From the records below, state how many lines hold the string "joined", without any other text.
Records for processing below:
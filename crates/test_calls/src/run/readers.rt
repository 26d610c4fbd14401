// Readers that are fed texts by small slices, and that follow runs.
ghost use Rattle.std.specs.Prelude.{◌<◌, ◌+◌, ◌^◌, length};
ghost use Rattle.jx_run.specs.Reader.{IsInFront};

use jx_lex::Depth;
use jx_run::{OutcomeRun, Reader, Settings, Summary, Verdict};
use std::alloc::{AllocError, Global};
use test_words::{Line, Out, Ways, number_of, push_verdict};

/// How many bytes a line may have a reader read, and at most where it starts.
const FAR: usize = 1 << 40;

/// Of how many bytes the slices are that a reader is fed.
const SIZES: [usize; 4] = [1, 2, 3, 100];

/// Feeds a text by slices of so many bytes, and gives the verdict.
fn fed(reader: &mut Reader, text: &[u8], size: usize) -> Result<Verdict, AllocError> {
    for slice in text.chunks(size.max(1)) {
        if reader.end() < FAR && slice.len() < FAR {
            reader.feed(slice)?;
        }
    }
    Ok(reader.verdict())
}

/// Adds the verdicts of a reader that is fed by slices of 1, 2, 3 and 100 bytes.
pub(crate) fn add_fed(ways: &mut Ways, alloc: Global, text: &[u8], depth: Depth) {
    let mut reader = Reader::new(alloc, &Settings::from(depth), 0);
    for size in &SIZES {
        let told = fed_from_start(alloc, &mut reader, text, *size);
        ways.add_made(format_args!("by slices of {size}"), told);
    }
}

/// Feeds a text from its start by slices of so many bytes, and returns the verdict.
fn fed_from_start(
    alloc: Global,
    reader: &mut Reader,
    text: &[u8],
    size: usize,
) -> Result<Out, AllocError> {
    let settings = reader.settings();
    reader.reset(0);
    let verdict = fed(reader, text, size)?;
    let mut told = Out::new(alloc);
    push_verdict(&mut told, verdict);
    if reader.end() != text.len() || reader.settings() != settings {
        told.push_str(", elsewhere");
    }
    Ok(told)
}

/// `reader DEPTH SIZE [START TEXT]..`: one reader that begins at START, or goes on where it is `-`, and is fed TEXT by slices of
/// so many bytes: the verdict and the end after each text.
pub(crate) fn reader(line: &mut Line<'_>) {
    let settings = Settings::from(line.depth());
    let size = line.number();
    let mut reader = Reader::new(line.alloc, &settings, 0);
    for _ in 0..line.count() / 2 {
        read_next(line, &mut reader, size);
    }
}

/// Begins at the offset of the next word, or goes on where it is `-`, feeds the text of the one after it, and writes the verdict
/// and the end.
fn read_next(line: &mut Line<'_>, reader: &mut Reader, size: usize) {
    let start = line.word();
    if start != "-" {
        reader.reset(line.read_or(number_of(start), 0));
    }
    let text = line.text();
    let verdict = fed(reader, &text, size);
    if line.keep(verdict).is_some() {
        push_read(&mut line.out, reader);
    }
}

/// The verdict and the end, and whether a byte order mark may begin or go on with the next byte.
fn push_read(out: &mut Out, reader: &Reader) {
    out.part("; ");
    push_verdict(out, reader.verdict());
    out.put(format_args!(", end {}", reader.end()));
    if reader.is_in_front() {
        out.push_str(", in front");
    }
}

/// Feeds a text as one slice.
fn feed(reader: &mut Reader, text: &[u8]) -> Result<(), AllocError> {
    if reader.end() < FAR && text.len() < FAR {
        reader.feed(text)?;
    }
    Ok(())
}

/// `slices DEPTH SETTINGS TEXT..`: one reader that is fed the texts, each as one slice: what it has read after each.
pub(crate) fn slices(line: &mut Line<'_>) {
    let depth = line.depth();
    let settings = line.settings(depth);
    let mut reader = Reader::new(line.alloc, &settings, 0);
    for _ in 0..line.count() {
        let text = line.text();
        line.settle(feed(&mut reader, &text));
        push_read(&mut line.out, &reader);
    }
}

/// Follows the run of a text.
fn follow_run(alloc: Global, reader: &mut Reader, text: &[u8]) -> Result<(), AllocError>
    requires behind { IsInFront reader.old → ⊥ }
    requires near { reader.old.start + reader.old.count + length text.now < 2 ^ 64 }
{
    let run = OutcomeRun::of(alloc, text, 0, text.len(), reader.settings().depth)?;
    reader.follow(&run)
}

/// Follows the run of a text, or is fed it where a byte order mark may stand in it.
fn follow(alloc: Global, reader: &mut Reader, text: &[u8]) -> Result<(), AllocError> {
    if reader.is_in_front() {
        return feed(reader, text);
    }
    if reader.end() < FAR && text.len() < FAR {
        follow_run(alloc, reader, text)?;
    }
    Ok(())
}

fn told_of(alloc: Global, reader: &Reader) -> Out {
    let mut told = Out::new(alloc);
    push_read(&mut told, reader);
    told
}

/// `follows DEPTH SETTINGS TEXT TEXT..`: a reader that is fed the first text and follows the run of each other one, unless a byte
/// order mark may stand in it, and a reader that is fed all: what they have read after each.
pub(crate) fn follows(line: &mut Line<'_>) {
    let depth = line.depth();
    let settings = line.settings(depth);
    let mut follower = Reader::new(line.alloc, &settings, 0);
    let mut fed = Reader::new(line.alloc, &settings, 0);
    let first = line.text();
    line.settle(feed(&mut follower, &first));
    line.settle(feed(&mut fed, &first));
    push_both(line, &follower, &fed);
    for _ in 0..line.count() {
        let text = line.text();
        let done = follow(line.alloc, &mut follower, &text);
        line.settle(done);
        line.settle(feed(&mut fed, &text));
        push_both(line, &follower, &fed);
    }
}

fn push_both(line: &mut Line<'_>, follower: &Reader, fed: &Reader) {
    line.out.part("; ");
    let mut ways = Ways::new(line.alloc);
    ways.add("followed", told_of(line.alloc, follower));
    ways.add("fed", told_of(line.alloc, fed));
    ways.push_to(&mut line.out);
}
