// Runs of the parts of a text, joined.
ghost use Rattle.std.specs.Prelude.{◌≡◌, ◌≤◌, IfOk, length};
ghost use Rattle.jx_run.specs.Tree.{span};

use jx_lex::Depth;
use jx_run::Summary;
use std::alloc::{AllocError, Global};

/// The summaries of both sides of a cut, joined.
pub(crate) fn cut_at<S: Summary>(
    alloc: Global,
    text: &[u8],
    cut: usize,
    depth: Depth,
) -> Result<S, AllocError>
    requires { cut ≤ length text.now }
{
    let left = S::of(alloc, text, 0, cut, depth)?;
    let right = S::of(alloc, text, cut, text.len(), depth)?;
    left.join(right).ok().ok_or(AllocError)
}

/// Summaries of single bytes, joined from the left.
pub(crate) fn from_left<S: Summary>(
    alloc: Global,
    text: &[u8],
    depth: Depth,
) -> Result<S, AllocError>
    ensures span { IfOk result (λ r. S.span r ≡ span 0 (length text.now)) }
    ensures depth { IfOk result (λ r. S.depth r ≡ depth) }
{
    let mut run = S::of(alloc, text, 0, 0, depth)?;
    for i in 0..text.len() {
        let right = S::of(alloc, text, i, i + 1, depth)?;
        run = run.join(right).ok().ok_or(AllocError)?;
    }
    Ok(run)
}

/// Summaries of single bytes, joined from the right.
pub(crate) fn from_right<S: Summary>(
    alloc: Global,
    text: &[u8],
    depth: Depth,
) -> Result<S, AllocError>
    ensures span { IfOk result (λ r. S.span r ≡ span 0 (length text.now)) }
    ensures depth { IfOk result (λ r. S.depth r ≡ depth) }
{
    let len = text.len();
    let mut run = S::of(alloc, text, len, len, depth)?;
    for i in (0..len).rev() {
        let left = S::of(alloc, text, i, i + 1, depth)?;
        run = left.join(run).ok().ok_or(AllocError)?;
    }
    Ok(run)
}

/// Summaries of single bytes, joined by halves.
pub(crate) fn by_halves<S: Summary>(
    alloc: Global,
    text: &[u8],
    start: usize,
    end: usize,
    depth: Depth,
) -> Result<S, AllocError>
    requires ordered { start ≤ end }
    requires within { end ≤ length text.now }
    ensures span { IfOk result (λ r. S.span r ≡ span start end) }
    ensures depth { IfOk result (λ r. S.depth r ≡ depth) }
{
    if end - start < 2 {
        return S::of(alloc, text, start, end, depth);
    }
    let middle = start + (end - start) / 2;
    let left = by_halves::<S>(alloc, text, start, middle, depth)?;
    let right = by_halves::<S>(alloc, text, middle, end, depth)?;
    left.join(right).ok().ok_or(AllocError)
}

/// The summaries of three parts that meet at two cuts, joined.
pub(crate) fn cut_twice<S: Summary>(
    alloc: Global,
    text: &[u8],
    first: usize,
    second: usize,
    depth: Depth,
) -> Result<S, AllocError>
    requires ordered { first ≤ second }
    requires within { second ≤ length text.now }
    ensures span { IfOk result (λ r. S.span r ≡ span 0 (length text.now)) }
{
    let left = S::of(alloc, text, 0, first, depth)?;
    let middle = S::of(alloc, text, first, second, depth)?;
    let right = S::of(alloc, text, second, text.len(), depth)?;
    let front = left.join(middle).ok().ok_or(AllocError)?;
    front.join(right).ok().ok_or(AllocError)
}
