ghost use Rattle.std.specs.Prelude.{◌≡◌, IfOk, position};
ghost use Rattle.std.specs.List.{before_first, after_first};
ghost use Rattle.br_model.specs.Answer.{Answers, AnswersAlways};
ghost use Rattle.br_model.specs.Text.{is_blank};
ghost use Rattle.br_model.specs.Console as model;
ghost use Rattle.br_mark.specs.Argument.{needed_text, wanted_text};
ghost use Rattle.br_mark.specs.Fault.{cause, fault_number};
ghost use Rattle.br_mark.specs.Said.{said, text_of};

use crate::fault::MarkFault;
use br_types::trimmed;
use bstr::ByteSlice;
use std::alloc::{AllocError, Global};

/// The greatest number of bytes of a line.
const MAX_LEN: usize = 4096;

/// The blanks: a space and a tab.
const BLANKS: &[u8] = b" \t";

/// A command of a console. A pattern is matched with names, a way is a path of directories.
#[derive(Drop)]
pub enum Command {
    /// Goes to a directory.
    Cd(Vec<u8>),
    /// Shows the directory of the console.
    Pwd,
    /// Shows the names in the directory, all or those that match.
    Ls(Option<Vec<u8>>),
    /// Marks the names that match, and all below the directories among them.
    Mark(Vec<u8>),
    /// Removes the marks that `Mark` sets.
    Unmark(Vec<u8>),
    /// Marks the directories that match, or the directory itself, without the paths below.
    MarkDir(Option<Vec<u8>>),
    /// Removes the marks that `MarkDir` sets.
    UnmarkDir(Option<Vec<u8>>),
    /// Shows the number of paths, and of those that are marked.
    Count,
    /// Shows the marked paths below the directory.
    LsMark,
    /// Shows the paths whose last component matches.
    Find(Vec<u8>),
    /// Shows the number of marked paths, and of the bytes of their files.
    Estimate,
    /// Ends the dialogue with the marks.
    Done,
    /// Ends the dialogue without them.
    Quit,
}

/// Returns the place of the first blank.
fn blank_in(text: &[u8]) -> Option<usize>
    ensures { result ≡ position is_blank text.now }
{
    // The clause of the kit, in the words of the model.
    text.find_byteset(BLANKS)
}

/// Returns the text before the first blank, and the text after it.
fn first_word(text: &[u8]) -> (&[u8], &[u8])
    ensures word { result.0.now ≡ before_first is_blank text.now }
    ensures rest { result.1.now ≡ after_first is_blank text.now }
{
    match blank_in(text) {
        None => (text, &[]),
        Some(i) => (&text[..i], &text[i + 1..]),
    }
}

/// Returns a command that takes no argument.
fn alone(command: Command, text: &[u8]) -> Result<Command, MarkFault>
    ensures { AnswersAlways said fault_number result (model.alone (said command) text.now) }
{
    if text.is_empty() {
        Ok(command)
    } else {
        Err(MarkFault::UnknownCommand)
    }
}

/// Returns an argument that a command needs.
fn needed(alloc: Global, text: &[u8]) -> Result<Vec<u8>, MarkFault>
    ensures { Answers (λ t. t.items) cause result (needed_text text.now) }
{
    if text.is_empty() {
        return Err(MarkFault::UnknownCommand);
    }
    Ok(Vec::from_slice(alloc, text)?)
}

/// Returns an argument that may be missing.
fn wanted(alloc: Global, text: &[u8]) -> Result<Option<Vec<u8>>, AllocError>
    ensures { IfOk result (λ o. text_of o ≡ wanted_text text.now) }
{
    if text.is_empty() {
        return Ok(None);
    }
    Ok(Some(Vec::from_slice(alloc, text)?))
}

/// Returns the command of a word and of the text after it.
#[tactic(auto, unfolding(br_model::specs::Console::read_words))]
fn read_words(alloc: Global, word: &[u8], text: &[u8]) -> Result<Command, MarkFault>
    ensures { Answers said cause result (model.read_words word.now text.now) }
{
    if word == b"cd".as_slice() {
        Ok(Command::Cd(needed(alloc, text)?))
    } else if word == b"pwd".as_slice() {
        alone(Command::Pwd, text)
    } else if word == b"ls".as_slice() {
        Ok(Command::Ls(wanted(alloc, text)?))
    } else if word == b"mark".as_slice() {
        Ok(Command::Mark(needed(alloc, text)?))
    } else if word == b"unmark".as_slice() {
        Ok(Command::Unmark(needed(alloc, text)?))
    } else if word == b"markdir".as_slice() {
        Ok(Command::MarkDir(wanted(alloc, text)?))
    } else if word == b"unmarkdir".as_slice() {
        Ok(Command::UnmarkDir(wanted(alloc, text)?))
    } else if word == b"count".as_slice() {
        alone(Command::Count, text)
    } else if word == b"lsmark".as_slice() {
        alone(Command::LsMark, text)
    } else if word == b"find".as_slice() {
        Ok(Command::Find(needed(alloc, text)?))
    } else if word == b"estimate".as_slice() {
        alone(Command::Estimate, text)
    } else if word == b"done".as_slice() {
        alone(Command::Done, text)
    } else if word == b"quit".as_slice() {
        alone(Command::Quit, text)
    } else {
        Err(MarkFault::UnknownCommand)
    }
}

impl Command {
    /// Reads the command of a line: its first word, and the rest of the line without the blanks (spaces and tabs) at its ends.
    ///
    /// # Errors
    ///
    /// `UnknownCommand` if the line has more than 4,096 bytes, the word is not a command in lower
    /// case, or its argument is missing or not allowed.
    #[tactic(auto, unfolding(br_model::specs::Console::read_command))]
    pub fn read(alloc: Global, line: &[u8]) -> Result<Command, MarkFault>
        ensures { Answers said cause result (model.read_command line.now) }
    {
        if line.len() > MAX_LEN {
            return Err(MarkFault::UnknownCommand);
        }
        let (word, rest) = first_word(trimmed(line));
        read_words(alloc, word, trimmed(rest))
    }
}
End of Records for processing.
→ Exercise output
6